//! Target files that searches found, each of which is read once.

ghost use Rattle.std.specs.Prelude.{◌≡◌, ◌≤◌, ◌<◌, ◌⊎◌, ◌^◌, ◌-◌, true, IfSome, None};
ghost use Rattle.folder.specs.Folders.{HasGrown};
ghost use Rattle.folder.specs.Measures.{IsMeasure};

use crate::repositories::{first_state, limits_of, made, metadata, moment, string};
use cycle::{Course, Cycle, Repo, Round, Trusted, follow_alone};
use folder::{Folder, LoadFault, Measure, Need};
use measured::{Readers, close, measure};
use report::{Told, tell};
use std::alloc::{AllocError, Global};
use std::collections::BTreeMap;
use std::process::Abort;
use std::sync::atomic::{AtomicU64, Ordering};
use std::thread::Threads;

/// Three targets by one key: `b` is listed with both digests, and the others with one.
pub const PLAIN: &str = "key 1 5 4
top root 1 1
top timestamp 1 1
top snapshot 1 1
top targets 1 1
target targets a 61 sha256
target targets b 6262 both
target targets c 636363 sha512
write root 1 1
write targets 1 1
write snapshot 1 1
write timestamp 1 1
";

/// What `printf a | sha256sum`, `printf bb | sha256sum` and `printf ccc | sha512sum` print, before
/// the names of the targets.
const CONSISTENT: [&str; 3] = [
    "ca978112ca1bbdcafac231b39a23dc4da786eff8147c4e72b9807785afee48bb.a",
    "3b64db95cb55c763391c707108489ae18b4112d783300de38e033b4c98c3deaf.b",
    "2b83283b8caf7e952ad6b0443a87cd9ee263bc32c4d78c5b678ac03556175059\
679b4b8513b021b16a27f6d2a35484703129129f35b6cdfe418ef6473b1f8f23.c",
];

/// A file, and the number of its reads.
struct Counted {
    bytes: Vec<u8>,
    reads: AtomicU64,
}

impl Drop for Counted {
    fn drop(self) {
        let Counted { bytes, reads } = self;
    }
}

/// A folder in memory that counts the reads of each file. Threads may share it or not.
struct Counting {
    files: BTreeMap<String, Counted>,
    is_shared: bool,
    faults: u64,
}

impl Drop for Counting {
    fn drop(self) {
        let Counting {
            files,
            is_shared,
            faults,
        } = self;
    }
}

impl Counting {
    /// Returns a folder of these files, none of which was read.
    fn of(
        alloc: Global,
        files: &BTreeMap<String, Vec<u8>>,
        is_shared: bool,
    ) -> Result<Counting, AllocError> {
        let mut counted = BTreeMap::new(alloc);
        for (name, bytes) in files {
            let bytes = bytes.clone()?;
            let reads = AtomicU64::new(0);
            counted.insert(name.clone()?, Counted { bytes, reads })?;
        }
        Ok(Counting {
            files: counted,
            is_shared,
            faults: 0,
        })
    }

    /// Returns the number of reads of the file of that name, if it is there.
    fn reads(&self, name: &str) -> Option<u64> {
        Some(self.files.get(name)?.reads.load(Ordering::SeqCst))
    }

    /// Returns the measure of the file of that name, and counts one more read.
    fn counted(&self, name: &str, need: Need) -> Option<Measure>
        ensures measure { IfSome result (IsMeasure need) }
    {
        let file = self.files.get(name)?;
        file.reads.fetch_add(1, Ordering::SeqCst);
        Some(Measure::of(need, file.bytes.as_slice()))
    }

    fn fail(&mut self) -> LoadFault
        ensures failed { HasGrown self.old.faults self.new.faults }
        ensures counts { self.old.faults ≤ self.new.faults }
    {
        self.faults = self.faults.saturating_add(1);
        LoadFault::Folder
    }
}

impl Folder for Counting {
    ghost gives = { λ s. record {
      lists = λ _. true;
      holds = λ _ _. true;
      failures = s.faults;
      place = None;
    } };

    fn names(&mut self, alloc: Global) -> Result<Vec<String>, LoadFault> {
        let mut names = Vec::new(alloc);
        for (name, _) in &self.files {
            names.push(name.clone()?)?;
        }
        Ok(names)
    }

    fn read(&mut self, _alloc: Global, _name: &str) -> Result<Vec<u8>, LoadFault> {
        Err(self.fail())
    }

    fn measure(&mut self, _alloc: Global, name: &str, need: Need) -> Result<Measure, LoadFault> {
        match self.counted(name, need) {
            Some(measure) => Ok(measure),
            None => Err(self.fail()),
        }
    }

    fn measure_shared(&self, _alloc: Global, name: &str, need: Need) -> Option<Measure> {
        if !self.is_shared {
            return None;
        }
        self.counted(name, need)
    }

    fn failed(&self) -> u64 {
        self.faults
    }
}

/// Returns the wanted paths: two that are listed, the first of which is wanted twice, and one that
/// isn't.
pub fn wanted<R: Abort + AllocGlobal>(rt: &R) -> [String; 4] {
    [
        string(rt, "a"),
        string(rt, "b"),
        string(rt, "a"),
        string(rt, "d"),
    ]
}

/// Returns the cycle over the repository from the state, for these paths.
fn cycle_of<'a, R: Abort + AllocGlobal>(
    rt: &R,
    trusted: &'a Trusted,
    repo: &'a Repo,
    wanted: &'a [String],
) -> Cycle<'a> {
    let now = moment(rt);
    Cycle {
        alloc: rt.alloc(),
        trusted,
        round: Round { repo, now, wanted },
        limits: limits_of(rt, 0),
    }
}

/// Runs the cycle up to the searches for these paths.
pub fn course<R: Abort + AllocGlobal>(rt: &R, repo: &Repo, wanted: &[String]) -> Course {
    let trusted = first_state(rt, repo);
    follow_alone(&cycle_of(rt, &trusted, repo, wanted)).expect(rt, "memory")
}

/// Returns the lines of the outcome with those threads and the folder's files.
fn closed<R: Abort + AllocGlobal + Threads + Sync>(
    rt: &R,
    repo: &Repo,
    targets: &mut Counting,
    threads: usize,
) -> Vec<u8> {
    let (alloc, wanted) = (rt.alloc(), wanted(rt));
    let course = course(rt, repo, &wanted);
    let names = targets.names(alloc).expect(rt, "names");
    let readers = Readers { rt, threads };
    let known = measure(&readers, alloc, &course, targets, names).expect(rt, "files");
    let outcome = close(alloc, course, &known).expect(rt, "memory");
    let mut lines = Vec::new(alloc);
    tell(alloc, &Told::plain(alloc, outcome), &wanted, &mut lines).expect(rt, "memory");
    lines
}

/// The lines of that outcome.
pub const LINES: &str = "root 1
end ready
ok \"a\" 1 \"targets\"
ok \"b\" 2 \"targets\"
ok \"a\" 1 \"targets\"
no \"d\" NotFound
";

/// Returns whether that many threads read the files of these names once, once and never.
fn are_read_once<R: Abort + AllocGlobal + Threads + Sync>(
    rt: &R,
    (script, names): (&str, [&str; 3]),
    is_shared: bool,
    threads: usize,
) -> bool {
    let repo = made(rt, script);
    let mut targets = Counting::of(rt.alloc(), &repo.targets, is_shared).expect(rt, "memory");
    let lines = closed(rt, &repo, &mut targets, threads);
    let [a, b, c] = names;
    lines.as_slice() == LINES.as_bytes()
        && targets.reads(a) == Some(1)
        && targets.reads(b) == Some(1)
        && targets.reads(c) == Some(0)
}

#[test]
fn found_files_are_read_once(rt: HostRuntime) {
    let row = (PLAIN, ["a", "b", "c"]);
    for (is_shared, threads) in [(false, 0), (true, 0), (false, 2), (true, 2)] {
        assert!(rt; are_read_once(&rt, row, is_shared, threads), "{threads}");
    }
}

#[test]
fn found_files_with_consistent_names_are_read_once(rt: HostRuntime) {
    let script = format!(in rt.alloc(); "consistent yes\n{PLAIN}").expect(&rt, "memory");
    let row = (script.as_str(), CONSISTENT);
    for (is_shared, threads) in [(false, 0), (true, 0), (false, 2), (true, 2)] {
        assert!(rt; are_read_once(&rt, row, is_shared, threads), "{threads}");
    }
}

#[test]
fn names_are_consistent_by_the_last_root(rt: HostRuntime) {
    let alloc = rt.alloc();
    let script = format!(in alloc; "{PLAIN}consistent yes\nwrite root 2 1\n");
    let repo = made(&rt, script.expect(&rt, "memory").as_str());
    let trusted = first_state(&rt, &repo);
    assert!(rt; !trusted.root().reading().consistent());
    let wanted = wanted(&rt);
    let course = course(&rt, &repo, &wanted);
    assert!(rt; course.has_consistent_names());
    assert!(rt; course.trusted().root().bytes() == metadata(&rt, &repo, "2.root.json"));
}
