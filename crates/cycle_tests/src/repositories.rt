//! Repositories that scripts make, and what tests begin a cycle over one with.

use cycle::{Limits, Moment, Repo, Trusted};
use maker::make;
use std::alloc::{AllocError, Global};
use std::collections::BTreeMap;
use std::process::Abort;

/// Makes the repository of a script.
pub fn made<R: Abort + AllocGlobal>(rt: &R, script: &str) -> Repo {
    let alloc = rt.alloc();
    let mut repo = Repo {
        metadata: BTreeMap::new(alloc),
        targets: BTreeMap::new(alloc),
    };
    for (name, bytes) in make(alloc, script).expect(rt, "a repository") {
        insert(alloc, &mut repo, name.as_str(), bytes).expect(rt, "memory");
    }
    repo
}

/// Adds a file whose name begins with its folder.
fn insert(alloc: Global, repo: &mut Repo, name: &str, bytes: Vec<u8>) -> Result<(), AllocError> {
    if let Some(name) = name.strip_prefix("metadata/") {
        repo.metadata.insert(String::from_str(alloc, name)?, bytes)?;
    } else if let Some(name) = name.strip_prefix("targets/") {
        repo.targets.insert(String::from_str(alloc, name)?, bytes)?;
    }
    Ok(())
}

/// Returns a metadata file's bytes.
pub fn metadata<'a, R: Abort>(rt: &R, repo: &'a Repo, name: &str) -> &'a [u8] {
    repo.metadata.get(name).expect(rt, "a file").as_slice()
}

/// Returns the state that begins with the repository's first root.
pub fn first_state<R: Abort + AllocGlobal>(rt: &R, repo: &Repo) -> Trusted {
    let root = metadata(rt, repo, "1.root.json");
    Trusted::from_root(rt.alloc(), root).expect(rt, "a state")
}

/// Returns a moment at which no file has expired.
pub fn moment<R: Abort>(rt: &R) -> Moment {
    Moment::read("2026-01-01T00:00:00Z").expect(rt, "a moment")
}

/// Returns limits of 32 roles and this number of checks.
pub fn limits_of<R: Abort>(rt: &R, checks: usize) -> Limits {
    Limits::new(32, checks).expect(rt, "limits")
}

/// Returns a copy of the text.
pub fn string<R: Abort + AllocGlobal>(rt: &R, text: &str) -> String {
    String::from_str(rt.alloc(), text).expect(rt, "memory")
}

→ About this task:
Copy back the listing above exactly, but only from the line with "repo, now, wanted" through the line with "pub fn course<R: Abort", both ends included.

→ Response box:
        round: Round { repo, now, wanted },
        limits: limits_of(rt, 0),
    }
}

/// Runs the cycle up to the searches for these paths.
pub fn course<R: Abort + AllocGlobal>(rt: &R, repo: &Repo, wanted: &[String]) -> Course {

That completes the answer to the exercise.